Very nice Dan . Are those your models ? Makes me want to open the box . 
My Dad had a whole slew of P-38 lightnings . He was a ground based radio operator in the Korean war . Talked about them alot . So I'm guessing those are the planes he dealt with .


----------



## smokeymose (Jul 3, 2021)

chopsaw said:


> Very nice Dan . Are those your models ? Makes me want to open the box .
> My Dad had a whole slew of P-38 lightnings . He was a ground based radio operator in the Korean war . Talked about them alot . So I'm guessing those are the planes he dealt with .


I believe these are mostly WW2 era planes. Yes they are mine.
Dad also served during the Korea thing, although in supply in Georgia.


----------



## Bearcarver (Jul 4, 2021)

chopsaw said:


> Very nice Dan . Are those your models ? Makes me want to open the box .
> My Dad had a whole slew of P-38 lightnings . He was a ground based radio operator in the Korean war . Talked about them alot . So I'm guessing those are the planes he dealt with .



That was a nice collection of planes!!!
I've had a "P-38" on my Keychain for 52 years, but this one wasn't a plane.
I lost my beloved Zippo, but never lost my P-38.

Bear


----------



## Bearcarver (Jul 4, 2021)

Another Great Batch!!!
Thanks Ray!

Bear


----------



## chopsaw (Jul 4, 2021)

Bearcarver said:


> That was a nice collection of planes!!!
> I've had a "P-38" on my Keychain for 52 years, but this one wasn't a plane.
> I lost my beloved Zippo, but never lost my P-38.


Was yours made by Lockheed ? 
I never smoked , but had a nice Zippo lighter that I can't find . Has to be here somewhere . You're gonna make me look again . 
I had a couple of the can openers too . Can't find them either . 
Always happens when I put things where I can find them .


----------



## Bearcarver (Jul 4, 2021)

chopsaw said:


> Was yours made by Lockheed ?
> I never smoked , but had a nice Zippo lighter that I can't find . Has to be here somewhere . You're gonna make me look again .
> I had a couple of the can openers too . Can't find them either .
> Always happens when I put things where I can find them .



LOL---The only thing wrong with the P-38 can openers, is the little cutter opens up in your pocket, & sticks a nasty hole in the leg!!!
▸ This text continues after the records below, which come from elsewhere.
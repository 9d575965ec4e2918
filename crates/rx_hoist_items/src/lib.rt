//! What an extraction makes: the new items, and the call in place of the run.
#![tactic(auto)]

mod arms;
mod body;
mod call;
mod enums;
mod function;
mod receiving;

pub use body::{handing_on, is_followed, is_open, new_body, stays_last, tuple_of};
pub use call::replacement;
pub use enums::new_enum;
pub use function::new_function;
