//! The enum of exits.

ghost use Rattle.std.specs.Prelude.{◌≡◌, ◌++◌, ◌<◌, ◌^◌, IfOk, OnOk, codes, drop, length, map};
ghost use Rattle.rx_tree.specs.PlainOf.{plain-Enum, plain-EnumVariant, plain-Program, plain-TypeText};
ghost use Rattle.rx_hoist_plan.specs.PlainPlan.{plain-Leaving, plain-Plan, plain-Variable};
ghost use Rattle.rx_hoist_extraction.specs.Values.{variables_held, types_of};
ghost use Rattle.rx_hoist_extraction.specs.WrittenTypes.{positions_of};
ghost use Rattle.rx_hoist_extraction.specs.NewEnum as new_enum_spec;
ghost use Rattle.rx_hoist_made.specs.PlainHanded.{plain-Handed};
ghost use Rattle.rx_hoist_made.specs.Rows as rows;
ghost use Rattle.rx_hoist_made.specs.Rows.{nth_name};
ghost use Rattle.rx_hoist_items.specs.Signatures as signatures;

use rx_core::{List, Name, Span, keep, pushed};
use rx_hoist_made::{Handed, Row, all_written, enum_name, exit_name, fresh_names, full, handed_by};
use rx_hoist_plan::{Leaving, NamedPlan, Variable};
use rx_tree::{Enum, EnumVariant, Ident, Program, TypeText};
use std::alloc::{AllocError, Global};

/// The types, and those of these variables behind them, with the lifetimes of the row.
fn with_types(
    alloc: Global,
    program: &Program,
    span: Span,
    row: &mut Row<'_>,
    types: List<TypeText>,
    variables: &[Variable],
) -> Result<List<TypeText>, AllocError>
    ensures made { IfOk result (λ it. map plain-TypeText it ≡ map plain-TypeText types
        ++ rows.fulls (plain-Program program.now) span (nth_name row.old) 0 (types_of (variables_held (map plain-Variable variables.now)))) }
    ensures rest { OnOk result (row.new ≡ drop (positions_of (plain-Program program.now) (types_of (variables_held (map plain-Variable variables.now)))) row.old) }
{
    let mut all = types;
    for variable in variables {
        let (next, held) = keep(all, full(alloc, program, span, row, &variable.ty))?;
        all = pushed(held, next)?;
    }
    Ok(all)
}

/// The types of what is handed out, with the lifetimes of the row.
pub(crate) fn types_handed(
    alloc: Global,
    program: &Program,
    span: Span,
    row: &mut Row<'_>,
    handed: Handed<'_>,
) -> Result<List<TypeText>, AllocError>
    ensures made { IfOk result (λ it. map plain-TypeText it
        ≡ rows.fulls (plain-Program program.now) span (nth_name row.old) 0 (types_of (plain-Handed handed.entry))) }
    ensures rest { OnOk result (row.new ≡ drop (positions_of (plain-Program program.now) (types_of (plain-Handed handed.entry))) row.old) }
{
    match handed.result {
        Some(ty) => {
            let first = full(alloc, program, span, row, ty)?;
            let types = pushed(List::new(alloc), first)?;
            with_types(alloc, program, span, row, types, handed.outs)
        }
        None => with_types(alloc, program, span, row, List::new(alloc), handed.outs),
    }
}

/// The variant of an exit, with the lifetimes of the row.
#[tactic(auto, using(rx_hoist_made::proofs::RowLemmas::each_full_is))]
fn variant(
    alloc: Global,
    program: &Program,
    plan: &NamedPlan,
    span: Span,
    row: &mut Row<'_>,
    leaving: &Leaving,
) -> Result<EnumVariant, AllocError>
    ensures made { IfOk result (λ it. plain-EnumVariant it
        ≡ signatures.variant (plain-Program program.now) (plain-Plan plan.now) span (nth_name row.old) 0 (plain-Leaving leaving.now)) }
    ensures rest { OnOk result (row.new ≡ drop (positions_of (plain-Program program.now)
        (new_enum_spec.fields_at (plain-Plan plan.now) (plain-Leaving leaving.now))) row.old) }
{
    let types = types_handed(alloc, program, span, row, handed_by(plan, leaving))?;
    let (name, types) = keep(types, exit_name(alloc, leaving.exit))?;
    Ok(EnumVariant {
        name: Ident { span, name },
        types,
    })
}

/// The variants of the exits, with the lifetimes of the row.
fn variants(
    alloc: Global,
    program: &Program,
    plan: &NamedPlan,
    span: Span,
    row: &mut Row<'_>,
    exits: &[Leaving],
) -> Result<List<EnumVariant>, AllocError>
    ensures { IfOk result (λ it. map plain-EnumVariant it
        ≡ signatures.variants (plain-Program program.now) (plain-Plan plan.now) span (nth_name row.old) 0 (map plain-Leaving exits.now)) }
{
    let mut all = List::new(alloc);
    for leaving in exits {
        let (next, held) = keep(all, variant(alloc, program, plan, span, row, leaving))?;
        all = pushed(held, next)?;
    }
    Ok(all)
}

/// The variants of the exits, with these lifetimes.
fn all_variants(
    alloc: Global,
    program: &Program,
    plan: &NamedPlan,
    span: Span,
    names: &[Name],
) -> Result<List<EnumVariant>, AllocError>
    ensures { IfOk result (λ it. map plain-EnumVariant it
        ≡ signatures.variants (plain-Program program.now) (plain-Plan plan.now) span (nth_name names.now) 0 (plain-Plan plan.now).exits) }
{
    let mut row = Row::new(names);
    variants(alloc, program, plan, span, &mut row, plan.exits.as_slice())
}

/// The enum with these lifetimes.
fn enum_of(
    alloc: Global,
    program: &Program,
    plan: &NamedPlan,
    span: Span,
    names: &[Name],
) -> Result<Enum, AllocError>
    ensures { IfOk result (λ it. plain-Enum it
        ≡ signatures.enum_of (plain-Program program.now) (plain-Plan plan.now) span names.now) }
{
    let variants = all_variants(alloc, program, plan, span, names)?;
    let (lifetimes, variants) = keep(variants, all_written(alloc, span, names))?;
    let (name, held) = keep((lifetimes, variants), enum_name(alloc, plan))?;
    let (lifetimes, variants) = held;
    Ok(Enum {
        name: Ident { span, name },
        derives: List::new(alloc),
        lifetimes,
        variants,
    })
}

/// The enum of exits, where its types have so many lifetime positions.
pub fn new_enum(
    alloc: Global,
    program: &Program,
    plan: &NamedPlan,
    span: Span,
    positions: usize,
) -> Result<Enum, AllocError>
    requires counted { positions ≡ new_enum_spec.enum_positions (plain-Program program.now) (plain-Plan plan.now) }
    requires few { positions < 2 ^ 63 }
    ensures { IfOk result (λ it. plain-Enum it
        ≡ new_enum_spec.new_enum (plain-Program program.now) (plain-Plan plan.now) span) }
{
    let names = fresh_names(alloc, "'r", plan.lifetimes.as_slice(), positions)?;
    enum_of(alloc, program, plan, span, names.as_slice())
}
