//! What is done with what the call hands out. A variable that the run itself declares is declared by it, another is assigned.

ghost use Rattle.std.specs.Prelude.{◌≡◌, ◌++◌, ◌∷◌, [], IfOk, OnOk, drop, map, option_map};
ghost use Rattle.rx_tree.specs.Plain as plain;
ghost use Rattle.rx_tree.specs.PlainOf.{plain-Expr, plain-Pattern, plain-Stmt, optional_of};
ghost use Rattle.rx_hoist_plan.specs.PlainPlan.{plain-Plan, plain-Variable};
ghost use Rattle.rx_hoist_extraction.specs.Names.{declared_by};
ghost use Rattle.rx_hoist_extraction.specs.Values.{variables_held};
ghost use Rattle.rx_hoist_extraction.specs.Made as made;
ghost use Rattle.rx_hoist_extraction.specs.Call as calls;
ghost use Rattle.rx_hoist_items.specs.Calling as calling;
ghost use Rattle.rx_hoist_made.specs.PlainHanded.{plain-Handed};
ghost use Rattle.rx_hoist_made.specs.PlainParts.{plain-Parts};
ghost use Rattle.rx_hoist_made.specs.Rows.{nth_name};

use crate::arms::put;
use rx_core::{Boxed, List, Name, Span, keep, pushed};
use rx_hoist_made::{
    Handed, Parts, Row, assignment, binding, count, done, fresh_names, is_declared, let_value,
    present, variable,
};
use rx_hoist_plan::{NamedPlan, Variable};
use rx_tree::{Expr, Pattern, PatternNode, Stmt};
use std::alloc::{AllocError, Global};

/// What is bound to the value of a variable, under this name if it is not declared.
fn received(
    alloc: Global,
    span: Span,
    run: &[Stmt],
    row: &mut Row<'_>,
    out: &Variable,
) -> Result<Pattern, AllocError>
    ensures made { IfOk result (λ it. plain-Pattern it
        ≡ calling.received span (declared_by (map plain-Stmt run.now)) (nth_name row.old) 0 (calling.held_value (plain-Variable out.now))) }
    ensures rest { OnOk result (row.new ≡ drop 1 row.old) }
{
    let name = row.next_name(alloc)?;
    if is_declared(run, &out.name) {
        return binding(alloc, span, &out.name, out.mutable);
    }
    binding(alloc, span, &name, false)
}

/// The patterns, and what is bound to the values of these variables.
fn with_received(
    alloc: Global,
    span: Span,
    run: &[Stmt],
    row: &mut Row<'_>,
    patterns: List<Pattern>,
    outs: &[Variable],
) -> Result<List<Pattern>, AllocError>
    ensures { IfOk result (λ it. map plain-Pattern it ≡ map plain-Pattern patterns
        ++ calling.all_received span (declared_by (map plain-Stmt run.now)) (nth_name row.old) 0 (variables_held (map plain-Variable outs.now))) }
{
    let mut all = patterns;
    for out in outs {
        let (next, held) = keep(all, received(alloc, span, run, row, out))?;
        all = pushed(held, next)?;
    }
    Ok(all)
}

/// What is bound to each value that is handed out.
fn all_received(
    alloc: Global,
    span: Span,
    run: &[Stmt],
    names: &[Name],
    handed: Handed<'_>,
) -> Result<List<Pattern>, AllocError>
    ensures { IfOk result (λ it. map plain-Pattern it
        ≡ calling.all_received span (declared_by (map plain-Stmt run.now)) (nth_name names.now) 0 (plain-Handed handed.entry)) }
{
    let mut row = Row::new(names);
    match handed.result {
        Some(_) => {
            let name = row.next_name(alloc)?;
            let first = binding(alloc, span, &name, false)?;
            let patterns = pushed(List::new(alloc), first)?;
            with_received(alloc, span, run, &mut row, patterns, handed.outs)
        }
        None => with_received(alloc, span, run, &mut row, List::new(alloc), handed.outs),
    }
}

/// The statements, and the assignment of the next name to a variable unless it is declared.
fn with_put(
    alloc: Global,
    span: Span,
    run: &[Stmt],
    row: &mut Row<'_>,
    stmts: List<Stmt>,
    out: &Variable,
) -> Result<List<Stmt>, AllocError>
    ensures made { IfOk result (λ it. map plain-Stmt it ≡ map plain-Stmt stmts
        ++ calling.put_back span (declared_by (map plain-Stmt run.now)) (nth_name row.old) 0 (calling.held_value (plain-Variable out.now))) }
    ensures rest { OnOk result (row.new ≡ drop 1 row.old) }
{
    let (name, stmts) = keep(stmts, row.next_name(alloc))?;
    if is_declared(run, &out.name) {
        return Ok(stmts);
    }
    let (next, stmts) = keep(stmts, put(alloc, span, out, &name))?;
    pushed(stmts, next)
}

/// The statements, and the assignments to these variables.
fn with_all_put(
    alloc: Global,
    span: Span,
    run: &[Stmt],
    row: &mut Row<'_>,
    stmts: List<Stmt>,
    outs: &[Variable],
) -> Result<List<Stmt>, AllocError>
    ensures { IfOk result (λ it. map plain-Stmt it ≡ map plain-Stmt stmts
        ++ calling.all_put_back span (declared_by (map plain-Stmt run.now)) (nth_name row.old) 0 (variables_held (map plain-Variable outs.now))) }
{
    let mut all = stmts;
    for out in outs {
        all = with_put(alloc, span, run, row, all, out)?;
    }
    Ok(all)
}

/// The statements, and what is done with each value that is handed out.
fn all_put_back(
    alloc: Global,
    span: Span,
    run: &[Stmt],
    names: &[Name],
    stmts: List<Stmt>,
    handed: Handed<'_>,
) -> Result<List<Stmt>, AllocError>
    ensures { IfOk result (λ it. map plain-Stmt it ≡ map plain-Stmt stmts
        ++ calling.all_put_back span (declared_by (map plain-Stmt run.now)) (nth_name names.now) 0 (plain-Handed handed.entry)) }
{
    let mut row = Row::new(names);
    match handed.result {
        Some(_) => {
            row.skip();
            with_all_put(alloc, span, run, &mut row, stmts, handed.outs)
        }
        None => with_all_put(alloc, span, run, &mut row, stmts, handed.outs),
    }
}

/// The run's value, which is the first, as the tail.
#[tactic(auto, using(crate::proofs::CallLemmas::no_first))]
fn first_as_tail(
    alloc: Global,
    span: Span,
    names: &[Name],
    handed: Handed<'_>,
) -> Result<Option<Boxed<Expr>>, AllocError>
    ensures { IfOk result (λ it. optional_of (option_map plain-Expr it)
        ≡ calling.first_as_tail span (nth_name names.now) (plain-Handed handed.entry)) }
{
    match handed.result {
        Some(_) => {
            let mut row = Row::new(names);
            let name = row.next_name(alloc)?;
            let first = variable(alloc, span, &name)?;
            present(alloc, first)
        }
        None => Ok(None),
    }
}

/// `let (..) = call;`
#[tactic(auto, using(rx_tree::proofs::Rules::pattern_rules))]
fn let_parts(span: Span, parts: List<Pattern>, call: Expr) -> Stmt
    ensures { plain-Stmt result
        ≡ made.let_value span (plain.tuple_pattern span (made.as_patterns (map plain-Pattern parts))) (plain-Expr call) }
{
    let pattern = Pattern {
        span,
        node: PatternNode::Tuple(parts),
    };
    let_value(span, pattern, call)
}

/// What is done with several values, under these names.
fn more_handed(
    alloc: Global,
    span: Span,
    run: &[Stmt],
    names: &[Name],
    call: Expr,
    handed: Handed<'_>,
) -> Result<Parts, AllocError>
    ensures { IfOk result (λ it. plain-Parts it ≡ calling.more_handed span (declared_by (map plain-Stmt run.now)) names.now
        (plain-Expr call) (plain-Handed handed.entry)) }
{
    let (patterns, call) = keep(call, all_received(alloc, span, run, names, handed))?;
    let stmts = pushed(List::new(alloc), let_parts(span, patterns, call))?;
    let stmts = all_put_back(alloc, span, run, names, stmts, handed)?;
    let (tail, stmts) = keep(stmts, first_as_tail(alloc, span, names, handed))?;
    Ok(Parts { stmts, tail })
}

/// What is done with the value of one variable.
fn one_received(
    alloc: Global,
    span: Span,
    run: &[Stmt],
    call: Expr,
    out: &Variable,
) -> Result<Stmt, AllocError>
    ensures { IfOk result (λ it. plain-Stmt it ≡ calling.one_received span (declared_by (map plain-Stmt run.now)) (plain-Expr call)
        (plain-Variable out.now)) }
{
    if !is_declared(run, &out.name) {
        return assignment(alloc, span, &out.name, call);
    }
    let (pattern, call) = keep(call, binding(alloc, span, &out.name, out.mutable))?;
    Ok(let_value(span, pattern, call))
}

/// A statement alone.
fn alone(alloc: Global, stmt: Stmt) -> Result<Parts, AllocError>
    ensures { IfOk result (λ it. plain-Parts it ≡ record { statements = plain-Stmt stmt ∷ []; tail = plain.absent }) }
{
    Ok(Parts {
        stmts: pushed(List::new(alloc), stmt)?,
        tail: None,
    })
}

/// An expression alone, as the tail.
fn tail_alone(alloc: Global, tail: Expr) -> Result<Parts, AllocError>
    ensures { IfOk result (λ it. plain-Parts it ≡ record { statements = []; tail = plain.present (plain-Expr tail) }) }
{
    let tail = present(alloc, tail)?;
    Ok(Parts {
        stmts: List::new(alloc),
        tail,
    })
}

/// What is done with the value of the first of these variables.
fn first_handed(
    alloc: Global,
    span: Span,
    run: &[Stmt],
    call: Expr,
    outs: &[Variable],
) -> Result<Parts, AllocError>
    ensures { IfOk result (λ it. plain-Parts it ≡ calling.few_handed span (declared_by (map plain-Stmt run.now)) (plain-Expr call)
        (variables_held (map plain-Variable outs.now))) }
{
    match outs {
        [out, ..] => {
            let stmt = one_received(alloc, span, run, call, out)?;
            alone(alloc, stmt)
        }
        [] => alone(alloc, done(span, call)),
    }
}

/// What is done with at most one value.
fn few_handed(
    alloc: Global,
    span: Span,
    run: &[Stmt],
    call: Expr,
    handed: Handed<'_>,
) -> Result<Parts, AllocError>
    ensures { IfOk result (λ it. plain-Parts it ≡ calling.few_handed span (declared_by (map plain-Stmt run.now)) (plain-Expr call)
        (plain-Handed handed.entry)) }
{
    match handed.result {
        Some(_) => tail_alone(alloc, call),
        None => first_handed(alloc, span, run, call, handed.outs),
    }
}

/// What is done with what the call hands out.
#[tactic(auto, using(crate::proofs::CallLemmas::handed_rules))]
pub(crate) fn put_in_place(
    alloc: Global,
    plan: &NamedPlan,
    span: Span,
    run: &[Stmt],
    call: Expr,
    handed: Handed<'_>,
) -> Result<Parts, AllocError>
    ensures { IfOk result (λ it. plain-Parts it ≡ calls.handed (plain-Plan plan.now) span (declared_by (map plain-Stmt run.now))
        (plain-Expr call) (plain-Handed handed.entry)) }
{
    let many = count(handed);
    if many < 2 {
        return few_handed(alloc, span, run, call, handed);
    }
    let names = fresh_names(alloc, "out_", plan.identifiers.as_slice(), many);
    let (names, call) = keep(call, names)?;
    more_handed(alloc, span, run, names.as_slice(), call, handed)
}
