// What a call has that is not refused, and what is not refused. Laws only, no code; they stand in specs/.
#![tactic(auto)]
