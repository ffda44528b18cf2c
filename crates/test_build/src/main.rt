// Replays the cases of `stdin`, as crates/test_calls reads them: batches and whole builds, done and refused, with every row of their tables.
#![tactic(auto)]

use std::io;

fn main(rt: HostRuntime) -> io::Result<()> {
    test_calls::replay_input(&rt)
}
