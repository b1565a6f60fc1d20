//! The searches compared with the plain one, on all short haystacks of a few bytes that collide in a search by sums.
//! One family has `a`, `b` and the grave accent, the byte before `a`. There, different texts of one length have equal
//! sums, such as `ab` and `b` with a grave accent. The other family has `!` and `a`, which are 64 apart, so all texts
//! of one length share a bucket.
use crate::asserted::{assert_holds, assert_same};
use crate::made::searcher;
use crate::plain::leftmost_plainly;
use crate::{automaton, confirming, exact, stepping};
use literal_prefilters::Span;
use literal_prefilters::packed::{MatchKind, Searcher};
use std::alloc::Global;
use std::process::Abort;
use std::test::Fail;

/// The bytes that patterns and haystacks are made of.
#[derive(Clone, Copy)]
enum Family {
    /// Different texts have equal sums.
    EqualSums,
    /// All texts share a bucket.
    OneBucket,
}

/// Up to three patterns each.
static LISTS: [(Family, &[&[u8]]); 18] = [
    (Family::EqualSums, &[b"ab"]),
    (Family::EqualSums, &[b"b`", b"ab"]),
    (Family::EqualSums, &[b"ab", b"b`", b"``"]),
    (Family::EqualSums, &[b"a", b"ab"]),
    (Family::EqualSums, &[b"ab", b"a", b"b"]),
    (Family::EqualSums, &[b"aa", b"aa"]),
    (Family::EqualSums, &[b"ab`", b"b`", b"abb"]),
    (Family::EqualSums, &[b"b", b"ab", b"aab"]),
    (Family::EqualSums, &[b"b``", b"ab`", b"`b"]),
    (Family::EqualSums, &[b"aba", b"bab", b"ba"]),
    (Family::OneBucket, &[b"a"]),
    (Family::OneBucket, &[b"!a", b"a!"]),
    (Family::OneBucket, &[b"aa!", b"a", b"!!"]),
    (Family::OneBucket, &[b"!", b"!a", b"!a!"]),
    (Family::OneBucket, &[b"!a!a", b"a!a", b"!a"]),
    (Family::OneBucket, &[b"aaaa", b"aaa", b"aaaaa"]),
    (Family::OneBucket, &[b"a!!a!a", b"!!a", b"!!a"]),
    (Family::OneBucket, &[b"!!!a", b"!!!", b"a!!!"]),
];

/// The bytes of a haystack, from the digits of its number.
fn bytes_of(family: Family, number: usize) -> [u8; 6] {
    match family {
        Family::EqualSums => {
            let digits = b"ab`";
            [
                digits[number % 3],
                digits[number / 3 % 3],
                digits[number / 9 % 3],
                digits[number / 27 % 3],
                digits[number / 81 % 3],
                digits[number / 243 % 3],
            ]
        }
        Family::OneBucket => {
            let digits = b"!a";
            [
                digits[number % 2],
                digits[number / 2 % 2],
                digits[number / 4 % 2],
                digits[number / 8 % 2],
                digits[number / 16 % 2],
                digits[number / 32 % 2],
            ]
        }
    }
}

/// The lengths of the haystacks, and how many there are of each length.
fn sizes_of(family: Family) -> &'static [(usize, usize)] {
    match family {
        Family::EqualSums => &[(0, 1), (1, 3), (2, 9), (3, 27), (4, 81)],
        Family::OneBucket => &[(0, 1), (1, 2), (2, 4), (3, 8), (4, 16), (5, 32), (6, 64)],
    }
}

/// Compares in a span of a haystack.
fn compare_at(
    rt: &impl Abort,
    searcher: &Searcher,
    (patterns, kind): (&[&[u8]], MatchKind),
    haystack: &[u8],
    span: Span,
) {
    let is_meant = patterns.len() <= 3 && span.start <= span.end && span.end <= haystack.len();
    assert_holds(rt, is_meant, "no such case is meant");
    let wanted = leftmost_plainly(patterns, kind, false, haystack, span);
    let note = format_args!("{patterns:?} on {haystack:?} in {span:?}");
    assert_same(rt, searcher.find_in(haystack, span), wanted, note);
}

/// Compares in all spans of a haystack, and returns their number.
fn compare_in(
    rt: &impl Abort,
    searcher: &Searcher,
    of: (&[&[u8]], MatchKind),
    haystack: &[u8],
) -> u32 {
    let mut spans: u32 = 0;
    for end in 0..haystack.len() + 1 {
        for start in 0..end + 1 {
            compare_at(rt, searcher, of, haystack, Span { start, end });
            spans = spans.wrapping_add(1);
        }
    }
    spans
}

/// Compares in all haystacks of a family, and returns the number of their spans.
fn compare(rt: &impl Abort, searcher: &Searcher, family: Family, of: (&[&[u8]], MatchKind)) -> u32 {
    let mut cases: u32 = 0;
    for (len, count) in sizes_of(family) {
        assert!(rt; *len <= 6);
        for number in 0..*count {
            let bytes = bytes_of(family, number);
            let spans = compare_in(rt, searcher, of, &bytes[..*len]);
            cases = cases.wrapping_add(spans);
        }
    }
    cases
}

/// Compares for a list of patterns and a match kind.
fn assert_list(
    rt: &impl Abort,
    alloc: Global,
    kind: MatchKind,
    (family, patterns): &(Family, &[&[u8]]),
) -> Result<(), Fail> {
    let wanted = match family {
        Family::EqualSums => 1549,
        Family::OneBucket => 2815,
    };
    let searcher = searcher(alloc, kind, patterns)?;
    let cases = compare(rt, &searcher, *family, (patterns, kind));
    assert_same(rt, cases, wanted, format_args!("{patterns:?}"));
    Ok(())
}

/// Both match kinds of a list, then prefilters, exact ones, confirming searches, and the automaton.
#[test]
fn finds_what_is_found_plainly(rt: HostRuntime) -> Result<(), Fail> {
    for list in &LISTS {
        assert_list(&rt, rt.alloc(), MatchKind::LeftmostFirst, list)?;
        assert_list(&rt, rt.alloc(), MatchKind::LeftmostLongest, list)?;
    }
    stepping::assert_lists(&rt, rt.alloc())?;
    exact::assert_lists(&rt, rt.alloc())?;
    confirming::assert_lists(&rt, rt.alloc())?;
    automaton::assert_lists(&rt, rt.alloc())
}
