//! Both confirming searches compared with the plain search.
ghost use Rattle.literal_base.specs.Occurs.{IsValidSpan};
ghost use Rattle.literal_promise.specs.Together.{IsCovered};

use crate::asserted::{assert_holds, assert_same};
use crate::made::{Place, SPANS, bytes_of, confirming_search, covered, place};
use crate::plain::leftmost_plainly;
use MatchKind::{LeftmostFirst, LeftmostLongest};
use literal_prefilters::Span;
use literal_prefilters::count::Tally;
use literal_prefilters::packed::MatchKind;
use literal_prefilters::prefilter::ConfirmingSearch;
use literal_promise::covered::{Covered, confirm_covered};
use std::alloc::Global;
use std::process::Abort;
use std::test::Fail;

/// Patterns whose bytes share tables, and whether case is ignored.
static LISTS: [(&[&[u8]], bool); 8] = [
    (&[b"ab", b"aab"], false),
    (&[b"ca", b"bbc"], false),
    (&[b"aKb", b"bbK"], false),
    (&[b"aaQ", b"bK", b"cZ"], false),
    (&[b"ab"], true),
    (&[b"aK", b"bck"], true),
    (&[b"Kab", b"cck", b"K"], true),
    (&[b"a", b"ab", b"bb", b"c", b"KK"], false),
];

/// The answer of the plain search in a span of a haystack of five bytes.
fn plainly(
    patterns: &[&[u8]],
    kind: MatchKind,
    ignore_case: bool,
    haystack: &[u8; 5],
    span: Span,
) -> Option<Place>
    requires { IsValidSpan haystack.now span }
{
    if patterns.len() > 5 {
        return None;
    }
    leftmost_plainly(patterns, kind, ignore_case, haystack, span).map(place)
}

/// Compares in some spans of all haystacks of five bytes, and returns the number of haystacks.
fn compare(
    rt: &impl Abort,
    search: &ConfirmingSearch,
    list: &[&[u8]],
    kind: MatchKind,
    ignore_case: bool,
) -> u32 {
    let mut spans: u32 = 0;
    for number in 0..3125 {
        let haystack = bytes_of(number);
        for (start, end) in SPANS {
            assert_holds(rt, start <= end && end <= 5, "a span");
            let span = Span { start, end };
            let wanted = plainly(list, kind, ignore_case, &haystack, span);
            let found = search.find_in(&haystack, span).map(place);
            let note = format_args!("{list:?}: {haystack:?} in {span:?}");
            assert_same(rt, found, wanted, note);
            spans = spans.wrapping_add(1);
        }
    }
    spans
}

/// The same for confirming by a prefilter of any kind.
fn compare_covered(
    rt: &impl Abort,
    covered: &Covered,
    list: &[&[u8]],
    kind: MatchKind,
    ignore_case: bool,
) -> u32
    requires { IsCovered ignore_case covered.now.patterns covered.now.prefilter }
{
    let mut spans: u32 = 0;
    for number in 0..3125 {
        let haystack = bytes_of(number);
        for (start, end) in SPANS {
            assert_holds(rt, start <= end && end <= 5, "a span");
            let span = Span { start, end };
            let wanted = plainly(list, kind, ignore_case, &haystack, span);
            let tally = &mut Tally::new();
            let found = confirm_covered(covered, ignore_case, &haystack, span, tally).map(place);
            let note = format_args!("{list:?}: {haystack:?} in {span:?}");
            assert_same(rt, found, wanted, note);
            spans = spans.wrapping_add(1);
        }
    }
    spans
}

/// Compares for a list of patterns and a kind of match.
fn assert_list(
    rt: &impl Abort,
    alloc: Global,
    (list, ignore_case): (&[&[u8]], bool),
    kind: MatchKind,
) -> Result<(), Fail> {
    let search = confirming_search(alloc, kind, ignore_case, list)?;
    let spans = compare(rt, &search, list, kind, ignore_case);
    assert_same(rt, spans, 15625, format_args!("{list:?}"));
    Ok(())
}

/// The same for confirming by a prefilter of any kind.
fn assert_covered_list(
    rt: &impl Abort,
    alloc: Global,
    (list, ignore_case): (&[&[u8]], bool),
    kind: MatchKind,
) -> Result<(), Fail> {
    let covered = covered(alloc, kind, ignore_case, list)?;
    let spans = compare_covered(rt, &covered, list, kind, ignore_case);
    assert_same(rt, spans, 15625, format_args!("{list:?}"));
    Ok(())
}

/// Compares for all lists.
pub fn assert_lists(rt: &impl Abort, alloc: Global) -> Result<(), Fail> {
    for list in &LISTS {
        for kind in [LeftmostFirst, LeftmostLongest] {
            assert_list(rt, alloc, *list, kind)?;
            assert_covered_list(rt, alloc, *list, kind)?;
        }
    }
    Ok(())
}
I had a beautiful Zippo, with a Map of Vietnam, with my location marked, and name, rank, serial number, year in country, and name of my unit.
I had it for a few years after my ETS, but I must have left it lay on a Bar, and forgot it when I left there one night. I quit smoking, but I wish I still had it.

Bear


----------



## MJB05615 (Jul 4, 2021)

Bearcarver said:


> LOL---The only thing wrong with the P-38 can openers, is the little cutter opens up in your pocket, & sticks a nasty hole in the leg!!!
> 
> I had a beautiful Zippo, with a Map of Vietnam, with my location marked, and name, rank, serial number, year in country, and name of my unit.
> I had it for a few years after my ETS, but I must have left it lay on a Bar, and forgot it when I left there one night. I quit smoking, but I wish I still had it.
> ...


As a Zippo collector, I wish you still had it too, John.


----------



## Khrakk (Jul 5, 2021)

I used to carry a P-38 on my key ring.  I did for many years until I got tired of it putting holes in my pockets.  Hadnt thought about that in years actually.  Time flies...


----------



## Smokin' in AZ (Jul 5, 2021)

Nice batch Ray, thanks!

And yes I remember gluing those models, but I was a car guy.

John


----------